Exercise prompt: Would you please restate every record exactly as written?

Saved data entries

ghost use Rattle.std.specs.Prelude.{◌≡◌, ◌≤◌, IsTrue, OnErr, OnOk, false};
ghost use Rattle.std.specs.Option.{option_map};
ghost use Rattle.bdb_faults.specs.Notes.{Notes};
ghost use Rattle.bdb_faults.specs.of_format.Terms.{asked_by, asks_type, file_of, first_row, fit_code, header_in, is_asked, reference_row_code};
ghost use Rattle.bdb_image.specs.Fits.{asks_previous, is_of_type, page_rows};
ghost use Rattle.bdb_image.specs.Noted.{both_misfits, misfit_faults, more_misfits, no_misfits};

use crate::Formed;
use crate::formed_page::{FormedPage, page_at};
use bdb_faults::{FaultSink, PageType, Reference, ReferenceRow, Row, Sort, has_type, note_if};
use std::alloc::AllocError;
use std::marker::Model;

/// What a reference asks of its target: one of these types, or a zero page; a level; a previous page.
#[derive(Drop)]
struct Demand {
    types: &'static [u8],
    or_zero: bool,
    level: Option<u32>,
    previous: Option<u32>,
}

impl Model for Demand {
    ghost use Rattle.bdb_faults.specs.of_format.Terms.{Asked};

    ghost Value = { Asked };

    ghost view = { λ v. record { types = v.types.now; or_zero = v.or_zero; level = v.level; previous = v.previous } };
}

impl Demand {
    fn of_types(types: &'static [u8]) -> Demand
        ensures { result ≡ asks_type types.now }
    {
        Demand {
            types,
            or_zero: false,
            level: None,
            previous: None,
        }
    }

    fn after(types: &'static [u8], previous: u32) -> Demand
        ensures { result ≡ asks_previous types.now previous }
    {
        Demand {
            types,
            or_zero: false,
            level: None,
            previous: Some(previous),
        }
    }

    /// The first row with which a page that is there falls short of what is asked.
    fn misfit(&self, page: &FormedPage) -> Option<ReferenceRow>
        ensures { option_map reference_row_code result ≡ first_row (page_rows self.now page.now) }
    {
        if !self.is_of_type(page) {
            Some(ReferenceRow::WrongKind)
        } else if !self.is_of_level(page) {
            Some(ReferenceRow::WrongLevel)
        } else if !self.is_behind(page) {
            Some(ReferenceRow::WrongBack)
        } else {
            None
        }
    }

    fn is_of_type(&self, page: &FormedPage) -> bool
        ensures { result ≡ is_of_type self.now page.now }
    {
        has_type(self.types, page.type_byte()) || (self.or_zero && page.is_zero())
    }

    fn is_of_level(&self, page: &FormedPage) -> bool
        ensures { result ≡ is_asked self.now.level (header_in page.now).level }
    {
        match self.level {
            Some(asked) => asked == u32::from(page.level()),
            None => true,
        }
    }

    fn is_behind(&self, page: &FormedPage) -> bool
        ensures { result ≡ is_asked self.now.previous (header_in page.now).previous }
    {
        match self.previous {
            Some(asked) => asked == page.previous(),
            None => true,
        }
    }
}

/// What a reference of this sort asks, by its holder and the holder's page.
fn asked_by(holder: u32, page: &FormedPage, sort: Sort) -> Demand
    ensures { result ≡ asked_by holder page.now sort }
{
    match sort {
        Sort::Free => Demand::of_types(&[PageType::FREE]),
        Sort::Root => Demand::of_types(page.root_types()),
        Sort::Bucket => Demand {
            types: &[PageType::UNSORTED_HASH, PageType::HASH],
            or_zero: true,
            level: None,
            previous: Some(0),
        },
        Sort::HashNext => Demand::after(&[PageType::UNSORTED_HASH, PageType::HASH], holder),
        Sort::Child => Demand {
            types: page.child_types(),
            or_zero: false,
            level: Some(u32::from(page.level()).saturating_sub(1)),
            previous: None,
        },
        Sort::OverflowHead => Demand::after(&[PageType::OVERFLOW], 0),
        Sort::OverflowNext => Demand::after(&[PageType::OVERFLOW], holder),
        Sort::DuplicateRoot => Demand::of_types(&[
            PageType::INTERNAL,
            PageType::RECNO_INTERNAL,
            PageType::RECNO_LEAF,
            PageType::DUP_LEAF,
        ]),
    }
}

/// The first row that holds for a reference of this page; none where it fits.
#[tactic(auto, using(crate::proofs::FitLemmas::pages_named))]
pub fn misfit(formed: &Formed, holder: u32, reference: Reference) -> Option<ReferenceRow>
    requires { holder ≤ (file_of formed.now).last }
    ensures { option_map reference_row_code result ≡ fit_code (file_of formed.now) holder reference }
{
    if reference.target == 0 || reference.target > u64::from(formed.head().last) {
        return Some(ReferenceRow::OutOfRange);
    }
    let asked = asked_by(holder, &page_at(formed, holder), reference.sort);
    asked.misfit(&page_at(formed, reference.target as u32))
}

/// With which rows some of the references of a page fail.
#[derive(Clone, Copy)]
pub struct Misfits {
    target: bool,
    page_type: bool,
    level: bool,
    previous: bool,
}

impl Misfits {
    /// No reference yet.
    pub fn none() -> Misfits
        ensures { result ≡ no_misfits }
    {
        Misfits {
            target: false,
            page_type: false,
            level: false,
            previous: false,
        }
    }

    /// The rows after one more reference.
    pub fn with(self, misfit: Option<ReferenceRow>) -> Misfits
        ensures { result ≡ more_misfits self (option_map reference_row_code misfit) }
    {
        Misfits {
            target: self.target || matches!(misfit, Some(ReferenceRow::OutOfRange)),
            page_type: self.page_type || matches!(misfit, Some(ReferenceRow::WrongKind)),
            level: self.level || matches!(misfit, Some(ReferenceRow::WrongLevel)),
            previous: self.previous || matches!(misfit, Some(ReferenceRow::WrongBack)),
        }
    }

    /// Those of references to buckets, which ask for no level.
    pub(crate) fn of_buckets(target: bool, page_type: bool, previous: bool) -> Misfits
        ensures { result ≡ record { target = target; page_type = page_type; level = false; previous = previous } }
    {
        Misfits {
            target,
            page_type,
            level: false,
            previous,
        }
    }

    /// The rows of these references and of others behind them.
    pub fn both(self, others: Misfits) -> Misfits
        ensures { result ≡ both_misfits self others }
    {
        Misfits {
            target: self.target || others.target,
            page_type: self.page_type || others.page_type,
            level: self.level || others.level,
            previous: self.previous || others.previous,
        }
    }

    /// Notes each of them at the page. An error means that memory ran out.
    pub fn note<F: FaultSink>(self, page: u32, found: &mut F) -> Result<(), AllocError>
        ensures noted { OnOk result (Notes (F.has_noted found.old) (F.has_noted found.new) (misfit_faults self page)) }
        ensures refused { OnErr result (IsTrue F.takes_memory) }
    {
        note_if(
            found,
            Row::Reference(ReferenceRow::OutOfRange),
            page,
            self.target,
        )?;
        note_if(
            found,
            Row::Reference(ReferenceRow::WrongKind),
            page,
            self.page_type,
        )?;
        note_if(
            found,
            Row::Reference(ReferenceRow::WrongLevel),
            page,
            self.level,
        )?;
        note_if(
            found,
            Row::Reference(ReferenceRow::WrongBack),
            page,
            self.previous,
        )?;
        Ok(())
    }
}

Exercise answer:
ghost use Rattle.std.specs.Prelude.{◌≡◌, ◌≤◌, IsTrue, OnErr, OnOk, false};
ghost use Rattle.std.specs.Option.{option_map};
ghost use Rattle.bdb_faults.specs.Notes.{Notes};
ghost use Rattle.bdb_faults.specs.of_format.Terms.{asked_by, asks_type, file_of, first_row, fit_code, header_in, is_asked, reference_row_code};
ghost use Rattle.bdb_image.specs.Fits.{asks_previous, is_of_type, page_rows};
ghost use Rattle.bdb_image.specs.Noted.{both_misfits, misfit_faults, more_misfits, no_misfits};

use crate::Formed;
use crate::formed_page::{FormedPage, page_at};
use bdb_faults::{FaultSink, PageType, Reference, ReferenceRow, Row, Sort, has_type, note_if};
use std::alloc::AllocError;
use std::marker::Model;

/// What a reference asks of its target: one of these types, or a zero page; a level; a previous page.
#[derive(Drop)]
struct Demand {
    types: &'static [u8],
    or_zero: bool,
    level: Option<u32>,
    previous: Option<u32>,
}

impl Model for Demand {
    ghost use Rattle.bdb_faults.specs.of_format.Terms.{Asked};

    ghost Value = { Asked };

    ghost view = { λ v. record { types = v.types.now; or_zero = v.or_zero; level = v.level; previous = v.previous } };
}

impl Demand {
    fn of_types(types: &'static [u8]) -> Demand
        ensures { result ≡ asks_type types.now }
    {
        Demand {
            types,
            or_zero: false,
            level: None,
            previous: None,
        }
    }

    fn after(types: &'static [u8], previous: u32) -> Demand
        ensures { result ≡ asks_previous types.now previous }
    {
        Demand {
            types,
            or_zero: false,
            level: None,
            previous: Some(previous),
        }
    }

    /// The first row with which a page that is there falls short of what is asked.
    fn misfit(&self, page: &FormedPage) -> Option<ReferenceRow>
        ensures { option_map reference_row_code result ≡ first_row (page_rows self.now page.now) }
    {
        if !self.is_of_type(page) {
            Some(ReferenceRow::WrongKind)
        } else if !self.is_of_level(page) {
            Some(ReferenceRow::WrongLevel)
        } else if !self.is_behind(page) {
            Some(ReferenceRow::WrongBack)
        } else {
            None
        }
    }

    fn is_of_type(&self, page: &FormedPage) -> bool
        ensures { result ≡ is_of_type self.now page.now }
    {
        has_type(self.types, page.type_byte()) || (self.or_zero && page.is_zero())
    }

    fn is_of_level(&self, page: &FormedPage) -> bool
        ensures { result ≡ is_asked self.now.level (header_in page.now).level }
    {
        match self.level {
            Some(asked) => asked == u32::from(page.level()),
            None => true,
        }
    }

    fn is_behind(&self, page: &FormedPage) -> bool
        ensures { result ≡ is_asked self.now.previous (header_in page.now).previous }
    {
        match self.previous {
            Some(asked) => asked == page.previous(),
            None => true,
        }
    }
}

/// What a reference of this sort asks, by its holder and the holder's page.
fn asked_by(holder: u32, page: &FormedPage, sort: Sort) -> Demand
    ensures { result ≡ asked_by holder page.now sort }
{
    match sort {
        Sort::Free => Demand::of_types(&[PageType::FREE]),
        Sort::Root => Demand::of_types(page.root_types()),
        Sort::Bucket => Demand {
            types: &[PageType::UNSORTED_HASH, PageType::HASH],
            or_zero: true,
            level: None,
            previous: Some(0),
        },
        Sort::HashNext => Demand::after(&[PageType::UNSORTED_HASH, PageType::HASH], holder),
        Sort::Child => Demand {
            types: page.child_types(),
            or_zero: false,
            level: Some(u32::from(page.level()).saturating_sub(1)),
            previous: None,
        },
        Sort::OverflowHead => Demand::after(&[PageType::OVERFLOW], 0),
        Sort::OverflowNext => Demand::after(&[PageType::OVERFLOW], holder),
        Sort::DuplicateRoot => Demand::of_types(&[
            PageType::INTERNAL,
            PageType::RECNO_INTERNAL,
            PageType::RECNO_LEAF,
            PageType::DUP_LEAF,
        ]),
    }
}

/// The first row that holds for a reference of this page; none where it fits.
#[tactic(auto, using(crate::proofs::FitLemmas::pages_named))]
pub fn misfit(formed: &Formed, holder: u32, reference: Reference) -> Option<ReferenceRow>
    requires { holder ≤ (file_of formed.now).last }
    ensures { option_map reference_row_code result ≡ fit_code (file_of formed.now) holder reference }
{
    if reference.target == 0 || reference.target > u64::from(formed.head().last) {
        return Some(ReferenceRow::OutOfRange);
    }
    let asked = asked_by(holder, &page_at(formed, holder), reference.sort);
    asked.misfit(&page_at(formed, reference.target as u32))
}

/// With which rows some of the references of a page fail.
#[derive(Clone, Copy)]
pub struct Misfits {
    target: bool,
    page_type: bool,
    level: bool,
    previous: bool,
}

impl Misfits {
    /// No reference yet.
    pub fn none() -> Misfits
        ensures { result ≡ no_misfits }
    {
        Misfits {
            target: false,
            page_type: false,
            level: false,
            previous: false,
        }
    }

    /// The rows after one more reference.
    pub fn with(self, misfit: Option<ReferenceRow>) -> Misfits
        ensures { result ≡ more_misfits self (option_map reference_row_code misfit) }
    {
        Misfits {
            target: self.target || matches!(misfit, Some(ReferenceRow::OutOfRange)),
            page_type: self.page_type || matches!(misfit, Some(ReferenceRow::WrongKind)),
            level: self.level || matches!(misfit, Some(ReferenceRow::WrongLevel)),
            previous: self.previous || matches!(misfit, Some(ReferenceRow::WrongBack)),
        }
    }

    /// Those of references to buckets, which ask for no level.
    pub(crate) fn of_buckets(target: bool, page_type: bool, previous: bool) -> Misfits
        ensures { result ≡ record { target = target; page_type = page_type; level = false; previous = previous } }
    {
        Misfits {
            target,
            page_type,
            level: false,
            previous,
        }
    }

    /// The rows of these references and of others behind them.
    pub fn both(self, others: Misfits) -> Misfits
        ensures { result ≡ both_misfits self others }
    {
        Misfits {
            target: self.target || others.target,
            page_type: self.page_type || others.page_type,
            level: self.level || others.level,
            previous: self.previous || others.previous,
        }
    }

    /// Notes each of them at the page. An error means that memory ran out.
    pub fn note<F: FaultSink>(self, page: u32, found: &mut F) -> Result<(), AllocError>
        ensures noted { OnOk result (Notes (F.has_noted found.old) (F.has_noted found.new) (misfit_faults self page)) }
        ensures refused { OnErr result (IsTrue F.takes_memory) }
    {
        note_if(
            found,
            Row::Reference(ReferenceRow::OutOfRange),
            page,
            self.target,
        )?;
        note_if(
            found,
            Row::Reference(ReferenceRow::WrongKind),
            page,
            self.page_type,
        )?;
        note_if(
            found,
            Row::Reference(ReferenceRow::WrongLevel),
            page,
            self.level,
        )?;
        note_if(
            found,
            Row::Reference(ReferenceRow::WrongBack),
            page,
            self.previous,
        )?;
        Ok(())
    }
}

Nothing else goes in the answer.